### Records to use ###

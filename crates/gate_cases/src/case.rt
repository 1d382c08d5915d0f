// The rows of the table.
use cip_run::{LIMITS, Limits};

/// Calls of one kind, each of which fails in a run of its own.
#[derive(Clone, Copy)]
pub enum Calls {
    Pushes,
    Notes,
}

/// A row: what is run, within which limits, in which pieces, and which calls fail, counted from 1 (0: none).
#[derive(Clone, Copy)]
pub struct Case<'a> {
    pub name: &'a str,
    pub file: &'a str,
    pub words: &'a str,
    pub limits: Limits,
    pub pull_piece: u64,
    pub push_piece: u64,
    pub note_piece: u64,
    pub failing_pull: u64,
    pub failing_push: u64,
    pub failing_note: u64,
    pub in_turn: Option<Calls>,
}

/// The case of a line `NAME FILE SETTING=VALUE.. : WORDS..`. None where it has no such form, and for lines that begin
/// with `#`.
pub fn read_case(line: &str) -> Option<Case<'_>> {
    if line.as_bytes().first() == Some(&b'#') {
        return None;
    }
    let (head, words) = line.split_once(':')?;
    let mut fields = head.split_whitespace();
    let mut case = Case {
        name: fields.next()?,
        file: fields.next()?,
        words,
        limits: LIMITS,
        pull_piece: 65_536,
        push_piece: 65_536,
        note_piece: 1,
        failing_pull: 0,
        failing_push: 0,
        failing_note: 0,
        in_turn: None,
    };
    for field in fields {
        let (setting, value) = field.split_once('=')?;
        case = match value {
            "each" => with_each(case, setting)?,
            _ => with_number(case, setting, value.parse().ok()?)?,
        };
    }
    Some(case)
}

fn with_number<'a>(case: Case<'a>, setting: &str, number: u64) -> Option<Case<'a>> {
    let mut case = case;
    match setting {
        "record" => case.limits.record = number,
        "input" => case.limits.input = number,
        "piece" => {
            case.pull_piece = number;
            case.push_piece = number;
        }
        "push-piece" => case.push_piece = number,
        "note-piece" => case.note_piece = number,
        "failing-pull" => case.failing_pull = number,
        "failing-push" => case.failing_push = number,
        "failing-note" => case.failing_note = number,
        _ => return None,
    }
    Some(case)
}

fn with_each<'a>(case: Case<'a>, setting: &str) -> Option<Case<'a>> {
    let mut case = case;
    case.in_turn = match setting {
        "failing-push" => Some(Calls::Pushes),
        "failing-note" => Some(Calls::Notes),
        _ => return None,
    };
    Some(case)
}
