//! Laws of the definitions, and worked examples.
//!
//! Each law is a public function with an empty body whose contract is the statement. They say what renumbering, a
//! mirror and ties do to labels and to records, what is read of groups and axes, and what a finished run has written.
//! Worked examples compute. Each table that definitions take from the code is written out a second time. The laws of a
//! single crate's definitions are in a module of their own. The program uses none of this.
#![tactic(auto)]

pub mod answers;
mod biaryls;
pub mod drawings;
pub mod labels;
pub mod program;
pub mod ranking;
pub mod readers;
mod worked;

pub use biaryls::delocalised_atoms_are_ends;
pub use drawings::cumulenes::chains_are_listed;
pub use drawings::marks::{given_marks_keep_ligands, given_marks_keep_orders, marks_keep_orders};
pub use drawings::reflection::{
    mirror, reflection_keeps_drawings, reflection_keeps_further, reflection_mirrors_outcomes,
    whole_inversions_are_mirrors, worked_molecules_are_mirrored,
};
pub use drawings::renumbering::{
    renumber, renumbered_drawings_are_renumberings, renumbering_keeps_further,
    renumbering_keeps_outcomes, renumberings_are_sound, units_share_no_end,
    worked_molecules_are_renumbered, worked_renumbering_is_labelled,
};
pub use program::groups::{groups_are_of_lines, repeated_is_named_twice};
pub use program::runs::{
    annotating_repeats, items_come_out, parts_add_up, records_come_back, runs_complete,
    runs_repeat, streams_repeat, worked_records_are_given, worked_streams_are_given,
    workers_change_nothing,
};
pub use ranking::rings::delocalised_atoms_lie_in_rings;
pub use ranking::ties::{lone_pairs_tie_with_nothing, ties_are_same_trees};
pub use readers::records::{
    mirrored_records_are_read, mirrored_records_mirror, readings_are_sound, records_go,
    records_mirror, tables_are_drawn,
};
pub use readers::tables::{elements_are_written, help_is_written};
pub use worked::{worked_further_is_labelled, worked_records_have_labels};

###

▶ _How to complete this task_
After reading the entries above, state how many lines hold the word "groups", with no text besides the number.

▶ _Completed exercise_
2